I was also at this meeting, and met with both Brian & Ron. But, this meeting was in Sarasota, FL., certainly not in St. Petersburg. Nevertheless, we enjoyed having Brian, as well as our other three Guest Speakers in attendance, at the 28th meeting of the Florida Timeshare Owners Group. (www.tsownersgroup.com). The next scheduled meeting will be on Nov. 16th. 2014. For more info, call me, (941) 351-1384.
Frank Debar, Group Coordinator. Florida Timeshare Owners Group.


----------



## TUGBrian (Apr 2, 2014)

whoops, driving that long made me loose my mind =)


----------



## LannyPC (Apr 6, 2014)

Is there anywhere we can read or see the excerpts or highlights of this meeting?
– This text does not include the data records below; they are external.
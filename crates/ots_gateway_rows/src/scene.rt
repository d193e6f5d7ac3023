// What a script has said so far, and what came of the last run.
use crate::on::{On, place_of};
use crate::run::{Ended, run_on};
use crate::told::{tell_compared, tell_ended};
use ots_base::OutOfMemory;
use ots_row_words::{Said, Table, bytes_of, malformed, number_of, numbers_of, texts_of, words_of};
use std::alloc::{AllocError, Global};
use std::io;
use std::sync::Wait;

/// The bytes that have names, what the next run is done on, and how the last one ended.
#[derive(Drop)]
pub struct Scene {
    named: Table,
    pub on: On,
    ended: Option<Ended>,
}

impl Scene {
    /// Nothing was said yet.
    pub fn new(alloc: Global) -> Scene {
        Scene {
            named: Table::new(alloc),
            on: On::new(alloc),
            ended: None,
        }
    }

    /// Does what a line says, and tells what came of it.
    pub fn obey<R: Wait>(
        &mut self,
        rt: &R,
        alloc: Global,
        line: &str,
        said: &mut Said,
    ) -> io::Result<()> {
        if line.starts_with('#') {
            return Ok(());
        }
        match words_of(alloc, line)?.split_first() {
            Some((word, rest)) => self.obey_words(rt, alloc, word.as_str(), rest, said),
            None => {
                self.on = On::new(alloc);
                Ok(())
            }
        }
    }

    /// Does what the words of a line say.
    fn obey_words<R: Wait>(
        &mut self,
        rt: &R,
        alloc: Global,
        word: &str,
        rest: &[String],
        said: &mut Said,
    ) -> io::Result<()> {
        match word {
            "otsgate" => self.run(rt, alloc, &texts_of(alloc, rest)?, said),
            "took" | "sent" => self.compare(alloc, word, rest, said),
            _ => self.prepare(alloc, word, rest),
        }
    }

    /// Takes what a line says of the runs to come.
    fn prepare(&mut self, alloc: Global, word: &str, rest: &[String]) -> io::Result<()> {
        match word {
            "let" => self.name(alloc, rest)?,
            "link" => self
                .on
                .add_links(alloc, 1, &bytes_of(alloc, &self.named, rest)?)?,
            "links" => self.add_links(alloc, rest)?,
            "nonces" => self.on.nonces = bytes_of(alloc, &self.named, rest)?,
            "reply" => self.on.replies.push(bytes_of(alloc, &self.named, rest)?)?,
            _ => self.fail(alloc, word, rest)?,
        }
        Ok(())
    }

    /// Gives bytes a name.
    fn name(&mut self, alloc: Global, rest: &[String]) -> io::Result<()> {
        let (name, pieces) = rest.split_first().ok_or_else(malformed)?;
        let bytes = bytes_of(alloc, &self.named, pieces)?;
        self.named.put(name.clone()?, bytes)?;
        Ok(())
    }

    /// As many links more as the first word says, each of which sends what the others say.
    fn add_links(&mut self, alloc: Global, rest: &[String]) -> io::Result<()> {
        let (count, pieces) = rest.split_first().ok_or_else(malformed)?;
        let bytes = bytes_of(alloc, &self.named, pieces)?;
        self.on
            .add_links(alloc, number_of(count.as_str())?, &bytes)?;
        Ok(())
    }

    /// The calls of an object that stand after the word `fails` are to fail.
    fn fail(&mut self, alloc: Global, object: &str, rest: &[String]) -> io::Result<()> {
        match rest.split_first() {
            Some((word, calls)) if word.as_str() == "fails" => {
                self.on.fail(object, numbers_of(alloc, calls)?)
            }
            _ => Err(malformed()),
        }
    }

    /// Does a run, and tells what came of it. The calls that were to fail are those of this run alone.
    fn run<R: Wait>(
        &mut self,
        rt: &R,
        alloc: Global,
        words: &[String],
        said: &mut Said,
    ) -> io::Result<()> {
        let ended = run_on(rt, alloc, words, &self.on).map_err(no_memory)?;
        tell_ended(alloc, &ended, said)?;
        self.ended = Some(ended);
        self.on.forget(alloc);
        Ok(())
    }

    /// Tells whether a link took, or a conversation sent, what is asked about.
    fn compare(
        &self,
        alloc: Global,
        word: &str,
        rest: &[String],
        said: &mut Said,
    ) -> io::Result<()> {
        let (number, pieces) = rest.split_first().ok_or_else(malformed)?;
        let wanted = bytes_of(alloc, &self.named, pieces)?;
        let ended = self.ended.as_ref().ok_or_else(malformed)?;
        let found = ended.bytes(word, place_of(number.as_str())?);
        tell_compared(found.ok_or_else(malformed)?, &wanted, said);
        Ok(())
    }
}

/// The error for want of memory, with which the program ends.
fn no_memory(_: OutOfMemory) -> io::Error {
    io::Error::from(AllocError)
}
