// The one call of the gateway, of whose clauses nothing is carried on.
use ots_gateway_run::run_gateway;
use ots_io::{Accepter, Dialer, Nonces, Sink};
use std::alloc::Global;
use std::sync::Wait;

/// A run of the gateway over any objects: the number that it ends with. What its clauses say is left here: the
/// transcript says what came of it.
pub fn call<A: Accepter, T: Dialer, N: Nonces, K: Sink, R: Wait>(
    rt: &R,
    alloc: Global,
    words: &[String],
    accepter: &mut A,
    dialer: &mut T,
    nonces: &mut N,
    out: &mut K,
) -> u8 {
    run_gateway(rt, alloc, words, accepter, dialer, nonces, out).number()
}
There was one article I saw but it only dealt with exchanging options.


----------



## palmtree7339 (Apr 12, 2014)

*Highlights of the Florida Timeshare Owners meeting in March are available.*

To Lanny & others that may be interested in the highlights of the FTOG meeting held on March 30th, in Sarasota, FL. 
You can obtain them by emailing me, at fdebar433@gmail.com. 
Once I receive your requests, I shall email the "highlites and excerpts" that you are requesting. 
The meeting was at full seating capacity, with Brian Rogers as one of four featured Guest Speakers.
Our website is www.tsownersgroup.com
Frank Debar, Chmn.
FTOG


----------



## LannyPC (Apr 18, 2014)

palmtree7339 said:


> To Lanny & others that may be interested in the highlights of the FTOG meeting held on March 30th, in Sarasota, FL.
> You can obtain them by emailing me, at fdebar433@gmail.com.
> Once I receive your requests, I shall email the "highlites and excerpts" that you are requesting.
> The meeting was at full seating capacity, with Brian Rogers as one of four featured Guest Speakers.
> ...



I sent you a PM.


----------



## palmtree7339 (Apr 20, 2014)

*Florida Timeshare Owners Group. Response to Lanny.*

Since I am unfamiliar with accessing PM's, could you either advise me as how to access the PM that you have sent me?
Or, please email me, or call me.
Frank Debar, Chmn. FTOG
(941) 351-1384


----------



## palmtree7339 (Apr 20, 2014)

*Florida Timeshare Owners Group*

Lanny, I have now accessed your PM, and responded with a PM. Frank


----------